EXERCISE DIRECTIONS
In the records, find every line with the word "SmallVec" and copy it out.

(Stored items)
-.-.-

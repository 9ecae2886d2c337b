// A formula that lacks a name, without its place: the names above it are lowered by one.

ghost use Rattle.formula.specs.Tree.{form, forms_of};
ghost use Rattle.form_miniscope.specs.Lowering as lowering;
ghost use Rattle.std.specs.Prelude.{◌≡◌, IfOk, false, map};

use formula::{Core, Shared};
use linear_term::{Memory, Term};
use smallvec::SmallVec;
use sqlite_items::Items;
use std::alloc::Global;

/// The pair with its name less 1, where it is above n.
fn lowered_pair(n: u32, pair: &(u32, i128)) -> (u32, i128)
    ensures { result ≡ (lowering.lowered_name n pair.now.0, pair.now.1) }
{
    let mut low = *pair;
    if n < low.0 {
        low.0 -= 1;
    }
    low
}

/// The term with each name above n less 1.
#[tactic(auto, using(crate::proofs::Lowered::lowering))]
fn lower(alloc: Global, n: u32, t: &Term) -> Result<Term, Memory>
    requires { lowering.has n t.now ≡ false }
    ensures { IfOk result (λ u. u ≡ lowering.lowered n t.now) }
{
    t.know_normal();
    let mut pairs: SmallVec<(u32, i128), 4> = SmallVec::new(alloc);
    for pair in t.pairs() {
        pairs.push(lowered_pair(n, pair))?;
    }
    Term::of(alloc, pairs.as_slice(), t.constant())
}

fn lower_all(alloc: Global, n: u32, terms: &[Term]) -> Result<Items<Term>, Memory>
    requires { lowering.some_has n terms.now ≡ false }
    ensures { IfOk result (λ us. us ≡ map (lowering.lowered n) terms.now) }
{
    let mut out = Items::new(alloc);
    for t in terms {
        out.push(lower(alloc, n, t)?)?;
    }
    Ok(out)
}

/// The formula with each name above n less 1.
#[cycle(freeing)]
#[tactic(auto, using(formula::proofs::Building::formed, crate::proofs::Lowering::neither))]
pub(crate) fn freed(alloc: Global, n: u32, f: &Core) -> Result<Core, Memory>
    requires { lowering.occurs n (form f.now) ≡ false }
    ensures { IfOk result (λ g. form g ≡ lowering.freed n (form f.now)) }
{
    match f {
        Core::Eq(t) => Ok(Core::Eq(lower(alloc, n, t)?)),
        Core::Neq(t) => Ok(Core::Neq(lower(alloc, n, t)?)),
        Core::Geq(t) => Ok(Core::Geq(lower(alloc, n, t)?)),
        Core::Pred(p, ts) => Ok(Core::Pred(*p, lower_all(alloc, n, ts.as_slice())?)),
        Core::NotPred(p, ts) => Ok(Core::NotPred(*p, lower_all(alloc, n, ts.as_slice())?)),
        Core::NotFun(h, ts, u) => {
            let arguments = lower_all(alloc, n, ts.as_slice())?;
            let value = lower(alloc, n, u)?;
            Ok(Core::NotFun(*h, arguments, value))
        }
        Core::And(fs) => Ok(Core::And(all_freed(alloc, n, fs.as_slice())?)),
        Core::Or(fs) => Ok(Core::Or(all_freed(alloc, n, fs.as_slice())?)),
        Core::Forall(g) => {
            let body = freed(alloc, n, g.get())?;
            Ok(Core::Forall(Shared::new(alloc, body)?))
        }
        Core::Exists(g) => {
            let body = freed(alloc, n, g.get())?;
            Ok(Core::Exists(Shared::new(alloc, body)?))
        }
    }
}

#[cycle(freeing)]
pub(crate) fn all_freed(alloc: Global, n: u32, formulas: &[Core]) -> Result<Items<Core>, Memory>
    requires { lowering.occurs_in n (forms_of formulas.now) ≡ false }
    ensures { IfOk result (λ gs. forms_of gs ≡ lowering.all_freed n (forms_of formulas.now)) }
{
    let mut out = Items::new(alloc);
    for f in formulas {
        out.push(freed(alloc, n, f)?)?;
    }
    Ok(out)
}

-.-.-

YOUR RESPONSE
use smallvec::SmallVec;
    let mut pairs: SmallVec<(u32, i128), 4> = SmallVec::new(alloc);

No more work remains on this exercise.